Swimming Equipment For Triathletes  

by Pool Builders on 01-16-2010 in Articles

The small amount of equipment you need to start swimming should not deceive you into thinking you need only buy a pair of goggles and a swimsuit. Swimming is all about technique, with some tools to improve your skills and others to make you swim faster. You will need the following essential items of equipment.

Swimming pool

This is the equipment most triathletes find hardest to manage. Unlike bike and run, which can happen just outside your front door, swimming involves planning and a specific location. Ideally, you need a local pool, broken into abilities (slow lane, medium lane, etc). Search for a triathion club session or masters group to give you contact with other triathletes and input from fellow swimmers or a poolside coach.
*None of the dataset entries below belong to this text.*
ghost use Rattle.std.specs.Prelude.{◌≡◌, ◌<◌, ◌≤◌, ◌+◌, ◌^◌, ◌⊎◌, ℕ, List, Some, OnOk, IfOk, IfSome, IfNone, IsTrue};
ghost use Rattle.std.specs.FinMap as map;
ghost use Rattle.std.specs.Option.{option_copied};
ghost use Rattle.page_pool.specs.Inside.{queued};

use crate::frame::Frame;
use crate::page::Page;
use crate::table::Table;
use lru::LruCache;
use sand_base::NoMemory;
use std::alloc::Global;
use std::marker::Model;
use std::num::NonZeroUsize;

/// Clean pages in a table by place, with their places in a queue. Where a new page needs a frame, the one leaves
/// that was queued longest ago; one that was used since is queued again instead (a second chance).
#[derive(Drop)]
pub(crate) struct Frames {
    table: Table<Frame>,
    queue: LruCache<u64, ()>,
}

impl Model for Frames {
    ghost use Rattle.std.specs.FinMap as map;
    ghost use Rattle.page_pool.specs.Inside.{FramesState, frames_code, IsQueueOf};

    ghost Value = { FramesState };

    ghost coded = { frames_code };

    ghost view = { λ a. record {
      pages = a.table;
      count = map.len a.table;
      most = a.queue.cap;
    } };

    ghost invariant = { λ a. IsQueueOf a.table a.queue };
}

impl Frames {
    // So many frames, all free.
    pub(crate) fn new(alloc: Global, most: u32) -> Result<Frames, NoMemory>
        ensures { IfOk result (λ s. s ≡ record { pages = map.empty; count = 0; most = most }) }
    {
        let Some(most) = NonZeroUsize::new(most as usize) else {
            return Err(NoMemory {});
        };
        Ok(Frames {
            table: Table::new(alloc),
            queue: LruCache::new(alloc, most)?,
        })
    }

    // The page, which is marked as used.
    #[inline]
    pub(crate) fn used(&self, place: u64) -> Option<&Page>
        ensures { option_copied result ≡ map.get self.now.pages place }
    {
        match self.table.get(place) {
            Some(frame) => {
                frame.mark();
                Some(frame.page())
            }
            None => None,
        }
    }

    #[inline]
    pub(crate) fn get(&self, place: u64) -> Option<&Page>
        ensures { option_copied result ≡ map.get self.now.pages place }
    {
        match self.table.get(place) {
            Some(frame) => Some(frame.page()),
            None => None,
        }
    }

    // Puts the page in, where memory is left. What is there afterwards was there before or is this page.
    pub(crate) fn put(&mut self, place: u64, page: Page) -> Result<(), NoMemory>
        ensures sound { (q : ℕ) (bytes : List ℕ) → map.get self.new.pages q ≡ Some bytes
            → ((q ≡ place) × (bytes ≡ page)) ⊎ (map.get self.old.pages q ≡ Some bytes) }
        ensures added { OnOk result (map.get self.new.pages place ≡ Some page) }
        ensures count { self.new.count ≤ self.old.count + 1 }
        ensures most { self.new.most ≡ self.old.most }
    {
        self.make_room();
        self.table.insert(place, Frame::new(page))?;
        let _count = self.queue.len(); // (its contract says that the places differ)
        match self.queue.put(place, ()) {
            Ok(_) => Ok(()),
            Err(_) => {
                self.table.take(place);
                Err(NoMemory {})
            }
        }
    }

    // Lets a page go where no frame is free.
    fn make_room(&mut self)
        ensures sound { (q : ℕ) (bytes : List ℕ) → map.get self.new.pages q ≡ Some bytes → map.get self.old.pages q ≡ Some bytes }
        ensures room { self.new.count < self.new.most }
        ensures count { self.new.count ≤ self.old.count }
        ensures most { self.new.most ≡ self.old.most }
    {
        if self.queue.len() < self.queue.cap().get() {
            return;
        }
        self.drop_last();
    }

    // Lets the page go that was queued longest ago, where one is there.
    pub(crate) fn drop_last(&mut self)
        ensures sound { (q : ℕ) (bytes : List ℕ) → map.get self.new.pages q ≡ Some bytes → map.get self.old.pages q ≡ Some bytes }
        ensures fewer { 0 < self.old.count → self.new.count < self.old.count }
        ensures count { self.new.count ≤ self.old.count }
        ensures most { self.new.most ≡ self.old.most }
    {
        queue_used(&self.table, &mut self.queue);
        if let Some(place) = self.last() {
            self.forget(place);
        }
    }

    // The place that was queued longest ago.
    fn last(&self) -> Option<u64>
        ensures found { IfSome result (λ place. IsTrue (map.contains_key self.now.pages place)) }
        ensures none { IfNone result (self.now.count ≡ 0) }
    {
        let _count = self.queue.len(); // (its contract says that the places differ)
        match self.queue.peek_lru() {
            Some(last) => Some(*last.0),
            None => None,
        }
    }

    // Lets the page go.
    pub(crate) fn forget(&mut self, place: u64)
        ensures pages { self.new.pages ≡ map.remove self.old.pages place }
        ensures fewer { IsTrue (map.contains_key self.old.pages place) → self.new.count < self.old.count }
        ensures count { self.new.count ≤ self.old.count }
        ensures most { self.new.most ≡ self.old.most }
    {
        let _count = self.queue.len(); // (its contract says that the places differ)
        self.queue.pop(&place);
        self.table.take(place);
    }

    // How many pages may be there.
    pub(crate) fn most(&self) -> usize
        ensures most { result ≡ self.now.most }
        ensures positive { 0 < result }
    {
        self.queue.cap().get()
    }

    // How many pages are there.
    pub(crate) fn count(&self) -> usize
        ensures count { result ≡ self.now.count }
        ensures few { self.now.count ≤ self.now.most }
        ensures small { result < 2 ^ 63 }
    {
        self.queue.len()
    }
}

// Queues again what was used, until the page that leaves next was not. In one round each mark is taken off.
fn queue_used(table: &Table<Frame>, queue: &mut LruCache<u64, ()>)
    ensures same { queued queue.new ≡ queued queue.old }
    ensures cap { queue.new.cap ≡ queue.old.cap }
{
    'round: for _ in 0..queue.len() {
        let Some(place) = last_used(table, queue) else {
            return;
        };
        let _count = queue.len(); // (its contract says that the places differ)
        queue.promote(&place);
    }
}

// The place that leaves next, where its page has the mark, which is taken off.
fn last_used(table: &Table<Frame>, queue: &LruCache<u64, ()>) -> Option<u64> {
    let place = *queue.peek_lru()?.0;
    let frame = table.get(place)?;
    if frame.unmark() { Some(place) } else { None }
}
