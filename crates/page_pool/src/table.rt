ghost use Rattle.std.specs.Prelude.{◌≡◌, ◌<◌, ◌≤◌, ◌^◌, ℕ, Some, None, OnOk, OnErr, true, false, length, get_or, is_some, count_by, IsTrue};
ghost use Rattle.std.specs.FinMap as map;
ghost use Rattle.std.specs.FinSet as set;
ghost use Rattle.std.specs.Option.{option_copied};
ghost use Rattle.page_pool.specs.Inside.{dirty_of, is_page};

use crate::page::Page;
use sand_base::NoMemory;
use std::alloc::Global;
use std::marker::Model;

/// Items by page number, each in the place of its number: a look-up takes no search.
#[derive(Drop)]
pub(crate) struct Table<T> {
    places: Vec<Option<T>>,
}

impl<T> Model for Table<T> {
    ghost use Rattle.std.specs.Ordering.{nat_cmp};
    ghost use Rattle.std.specs.Coded.{coded_ℕ};
    ghost use Rattle.std.specs.FinMap as map;
    ghost use Rattle.page_pool.specs.Inside.{items_in};

    ghost Value = { map.FinMap nat_cmp T };

    ghost coded = { map.code coded_ℕ T.code };

    ghost view = { λ a. items_in a.places.items };
}

impl<T: Drop> Table<T> {
    pub(crate) fn new(alloc: Global) -> Table<T>
        ensures { result ≡ map.empty }
    {
        Table {
            places: Vec::new(alloc),
        }
    }

    #[inline]
    pub(crate) fn get(&self, n: u64) -> Option<&T>
        ensures { option_copied result ≡ map.get self.now n }
    {
        match self.places.get(n as usize) {
            Some(place) => place.as_ref(),
            None => None,
        }
    }

    // Puts the item in place of an earlier one.
    pub(crate) fn insert(&mut self, n: u64, item: T) -> Result<(), NoMemory>
        ensures changed { OnOk result (self.new ≡ map.insert self.old n item) }
        ensures unchanged { OnErr result (self.new ≡ self.old) }
    {
        let place = n as usize;
        grow(&mut self.places, place)?;
        self.places[place] = Some(item);
        Ok(())
    }

    // How many items are there.
    pub(crate) fn len(&self) -> usize
        ensures len { result ≡ map.len self.now }
        ensures small { result < 2 ^ 63 }
    {
        count_items(&self.places)
    }

    // Takes the item of this number out.
    pub(crate) fn take(&mut self, n: u64) -> Option<T>
        ensures taken { result ≡ map.get self.old n }
        ensures left { self.new ≡ map.remove self.old n }
    {
        let Some(place) = self.places.get_mut(n as usize) else {
            return None;
        };
        place.take()
    }
}

// Changes of pages: `None` for a freed number.
impl Table<Option<Page>> {
    // Writes these bytes over the page of the number. False where none is there.
    pub(crate) fn overwrite(&mut self, n: u64, bytes: &[u8; 4096]) -> bool
        ensures written { result ≡ true → self.new ≡ map.insert self.old n (Some bytes.now) }
        ensures there { result ≡ true → IsTrue (map.contains_key self.old n) }
        ensures unchanged { result ≡ false → self.new ≡ self.old }
    {
        let Some(place) = self.places.get_mut(n as usize) else {
            return false;
        };
        set_page(place, bytes)
    }

    // How many pages are among the changes.
    pub(crate) fn count(&self) -> usize
        ensures count { result ≡ set.len (dirty_of self.now) }
        ensures small { result < 2 ^ 63 }
    {
        count_pages(&self.places)
    }
}

// Adds empty places until this one is there. After a refusal those that were added stay.
fn grow<T: Drop>(places: &mut Vec<Option<T>>, place: usize) -> Result<(), NoMemory>
    ensures reached { OnOk result (place < length places.new.items) }
    ensures same { (q : ℕ) → get_or places.new.items q None ≡ get_or places.old.items q None }
{
    'places: while places.len() <= place {
        places.push(None)?;
    }
    Ok(())
}

// How many items are in these places.
fn count_items<T>(places: &[Option<T>]) -> usize
    ensures count { result ≡ count_by (λ place. is_some place) places.now }
    ensures small { result < 2 ^ 63 }
{
    places.iter().filter(|place| place.is_some()).count()
}

// How many pages are in these places.
fn count_pages(places: &[Option<Option<Page>>]) -> usize
    ensures count { result ≡ count_by is_page places.now }
    ensures small { result < 2 ^ 63 }
{
    places.iter().filter(|place| holds_page(place)).count()
}

// Whether a page is in this place.
fn holds_page(place: &Option<Option<Page>>) -> bool
    ensures { result ≡ is_page place.now }
{
    match place {
        Some(change) => change.is_some(),
        None => false,
    }
}

// Writes these bytes over the page in this place. False where none is in it.
fn set_page(place: &mut Option<Option<Page>>, bytes: &[u8; 4096]) -> bool
    ensures written { result ≡ true → place.new ≡ Some (Some bytes.now) }
    ensures there { result ≡ true → IsTrue (is_some place.old) }
    ensures unchanged { result ≡ false → place.new ≡ place.old }
{
    match place {
        Some(Some(page)) => {
            page.set(bytes);
            true
        }
        _ => false,
    }
}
Some triathletes revert to group booking a lane and swimming together to ensure a clear lane and a pleasant session. Whether you pay per session, buy a season ticket or the pool is part of your gym membership, swimming has a cost, and good strokes are the product of hours of training.

Goggles and hat

Secure and comfortable goggles make training more pleasant and help avoid unnecessary injuries caused by swimming into people or objects. A tight-fitting hat means less drag, less wiping your hair out of your eyes and less chlorine damage to your hair. You may get a warmer head but you will have to race in a hat, so see it as race day preparation.

Swim costume

Women wear a one-piece or two-piece costume. Men can have brief-like trunks or a longer cycle- type short. Don't wear baggy costumes or shorts; they make too much drag, forcing you to swim too hard. It's an advanced training method to use a drag suit, so think tight and low-drag when you are buying a costume. Triathlon suits are what many people race in, but the wear and tear, chlorine and stretching caused by regular training will soon make them too expensive to justify training in.

Pool toys

There are three basic tools to help you swim better and learn good technique.
* Fins allow you to concentrate on your arm action and body roll whilst doing a light but incredibly effective foot and leg action.

* A kickboard lets you focus on kicking rhythm.

* A drinks bottle allows you to stay hydrated and provides liquid energy - essential if you are to keep good technique and mental focus from the start to finish of a session.

Advanced training tools

Drag shorts, which are designed to be worn over your normal costume, build strength in swimmers with good technique by adding resistance. However, they are not suitable for beginners, who need good skills before building strength. A set of plastic hand paddles will force you to swim with perfect hand placement or your hands will slip worthlessly through the water; always pick a small pair and then incorporate them a little at a time.